Friday, June 29, 2012

QuTiP: The First Year

Although the first version of QuTiP wasn't released until July 29, 2011, the Goggle Code repository and website has been officially active for one year now! On this one year anniversary, I thought I would share some of the statistics about QuTiP that have been collected:

# of Downloads: 1,000+
(we lost the ability to keep track with the new webpage layout)
# of Citations: 2
Unique Vistors: 2,036
Total Visits: 9,261
Pages Viewed: 43,253
# of Countries: 74
Number of QuTiP visitors from various cities around the world.

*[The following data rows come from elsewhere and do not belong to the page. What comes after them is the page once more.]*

// Whether the damage that begins at a byte hits a sample of each channel, one after the other, or all that are left in the row: then every
// sample after them is marked too.
ghost use Rattle.std.specs.Prelude.{◌≡◌, true, ◌/◌};
ghost use Rattle.damage.specs.Passes.{Words, PixelStruck};

use crate::own;
use answer::ByteAt;

pub(crate) fn pixel_struck(damage: &[u8], first: ByteAt, channels: usize, width: usize) -> bool
    requires { Words damage.now width }
    ensures { result ≡ true → PixelStruck damage.now channels width (first.0 / width) }
{
    let first = first.0;
    let mut at = first - first % width;
    for _looked in 0..channels {
        if damage.len() <= at {
            return true;
        }
        if own::mark_at(damage, at, width) == 0 {
            return false;
        }
        at += width;
    }
    true
}
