// Words: two, three, four or eight bytes as one number, in either byte order, and the byte that stands for itself.
#![tactic(auto)]

ghost use Rattle.std.specs.Prelude.{◌≡◌, true, [], ◌∷◌, ◌+◌, ◌≤◌, length};
ghost use Rattle.words.specs.Word.{word_at, backwards};
ghost use Rattle.words.specs.Promises.{served, load_width, Joined, Placed, ReadWord, LoadedWord};

use answer::{ByteAt, Refusal, SampleAt};

// Whether words of this many bytes are read.
#[tactic(auto, unfolding(crate::specs::Promises::served))]
pub fn width_served(width: usize) -> bool
    ensures { result ≡ served width }
{
    matches!(width, 1 | 2 | 3 | 4 | 8)
}

// The word of two bytes, the least significant first. Joined and turned by hand: with std's `from_le_bytes` and `swap_bytes` predicted rows of
// six channels run at 0.55 to 0.67.
pub fn join2(a: u8, b: u8) -> u16
    ensures { Joined (a ∷ b ∷ []) result }
{
    (a as u16) + 256 * (b as u16)
}

// The word of three bytes, the least significant first.
pub fn join3(a: u8, b: u8, c: u8) -> u32
    ensures { Joined (a ∷ b ∷ c ∷ []) result }
{
    (join2(a, b) as u32) + 65536 * (c as u32)
}

// The word of four bytes, the least significant first.
pub fn join4(a: u8, b: u8, c: u8, d: u8) -> u32
    ensures { Joined (a ∷ b ∷ c ∷ d ∷ []) result }
{
    (a as u32) + 256 * (b as u32) + 65536 * (c as u32) + 16777216 * (d as u32)
}

// The word of eight bytes, the least significant first.
pub fn join8(a: u8, b: u8, c: u8, d: u8, e: u8, f: u8, g: u8, h: u8) -> u64
    ensures { Joined (a ∷ b ∷ c ∷ d ∷ e ∷ f ∷ g ∷ h ∷ []) result }
{
    (join4(a, b, c, d) as u64) + 4294967296 * (join4(e, f, g, h) as u64)
}

// The bytes of a word backwards: two of them.
pub fn backwards2(v: u16) -> u16
    ensures { result ≡ backwards 2 v }
{
    v % 256 * 256 + v / 256 % 256
}

// Three, the low ones of any number.
pub fn backwards3(v: u32) -> u32
    ensures { result ≡ backwards 3 v }
{
    backwards4(v) / 256
}

// Four.
pub fn backwards4(v: u32) -> u32
    ensures { result ≡ backwards 4 v }
{
    v % 256 * 16777216 + v / 256 % 256 * 65536 + v / 65536 % 256 * 256 + v / 16777216 % 256
}

// Eight.
pub fn backwards8(v: u64) -> u64
    ensures { result ≡ backwards 8 v }
{
    let low = v % 256 * 72057594037927936
        + v / 256 % 256 * 281474976710656
        + v / 65536 % 256 * 1099511627776
        + v / 16777216 % 256 * 4294967296;
    let high = v / 4294967296 % 256 * 16777216
        + v / 1099511627776 % 256 * 65536
        + v / 281474976710656 % 256 * 256
        + v / 72057594037927936 % 256;
    low + high
}

// The byte at which sample i begins, among `length` bytes of samples of this width.
pub fn byte_place(i: SampleAt, width: usize, length: usize) -> Result<ByteAt, Refusal>
    ensures { Placed i.0 width length result }
{
    let n = i.0;
    if width == 0 {
        return Err(Refusal::Unsupported);
    }
    if length / width <= n {
        return Err(Refusal::Truncated);
    }
    Ok(ByteAt(n * width))
}

fn little2(s: &[u8], at: usize) -> u16
    requires { at + 2 ≤ length s.now }
    ensures { result ≡ word_at s.now at 2 true }
{
    join2(s[at + 0], s[at + 1])
}

fn little3(s: &[u8], at: usize) -> u32
    requires { at + 3 ≤ length s.now }
    ensures { result ≡ word_at s.now at 3 true }
{
    join3(s[at + 0], s[at + 1], s[at + 2])
}

fn little4(s: &[u8], at: usize) -> u32
    requires { at + 4 ≤ length s.now }
    ensures { result ≡ word_at s.now at 4 true }
{
    join4(s[at + 0], s[at + 1], s[at + 2], s[at + 3])
}

fn little8(s: &[u8], at: usize) -> u64
    requires { at + 8 ≤ length s.now }
    ensures { result ≡ word_at s.now at 8 true }
{
    join8(
        s[at + 0],
        s[at + 1],
        s[at + 2],
        s[at + 3],
        s[at + 4],
        s[at + 5],
        s[at + 6],
        s[at + 7],
    )
}

fn get(s: &[u8], at: usize, width: usize, le: bool) -> u64
    requires { (served width ≡ true) × (at + width ≤ length s.now) }
    ensures { result ≡ word_at s.now at width le }
{
    if width == 1 {
        s[at] as u64
    } else if width == 2 {
        let v = little2(s, at);
        if le { v as u64 } else { backwards2(v) as u64 }
    } else if width == 3 {
        let v = little3(s, at);
        if le { v as u64 } else { backwards3(v) as u64 }
    } else if width == 4 {
        let v = little4(s, at);
        if le { v as u64 } else { backwards4(v) as u64 }
    } else {
        let v = little8(s, at);
        if le { v } else { backwards8(v) }
    }
}

// The word of `width` bytes at a place.
pub fn read_word(s: &[u8], at: ByteAt, width: usize, le: bool) -> Result<u64, Refusal>
    ensures { ReadWord s.now at.0 width le result }
{
    let at = at.0;
    if !width_served(width) {
        return Err(Refusal::Unsupported);
    }
    if s.len() < width {
        return Err(Refusal::Truncated);
    }
    if s.len() - width < at {
        return Err(Refusal::Truncated);
    }
    Ok(get(s, at, width, le))
}

fn load_width(wide: bool) -> usize
    ensures { result ≡ load_width wide }
{
    if wide { 2 } else { 1 }
}

// Sample i of one byte, or of two if `wide`.
pub fn load(s: &[u8], i: SampleAt, wide: bool, le: bool) -> Result<u32, Refusal>
    ensures { LoadedWord s.now i.0 wide le result }
{
    let width = load_width(wide);
    let at = byte_place(i, width, s.len())?;
    Ok(get(s, at.0, width, le) as u32)
}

Both Rob and I are quite happy with the way QuTiP has been accepted, and hope that people are finding these tools to be useful.

Monday, June 25, 2012

The Basis of Errors

Numerical simulations are never perfect.  Of course, the fundamental reason for this is the limit set by floating-point numbers.  However, more often than not, it is an error made by the user in coding their problem that leads to the primary source of error in a calculation.  Here, we will look at one such error by considering the dynamics of a driven system composed of two-coupled oscillators.  Here we drive oscillator B with a classical drive, and assume the initial state is both oscillators in the ground state.  The QuTiP code, and resulting plot is given below: 

"""
Driven system of two-coupled harmonic oscillators
"""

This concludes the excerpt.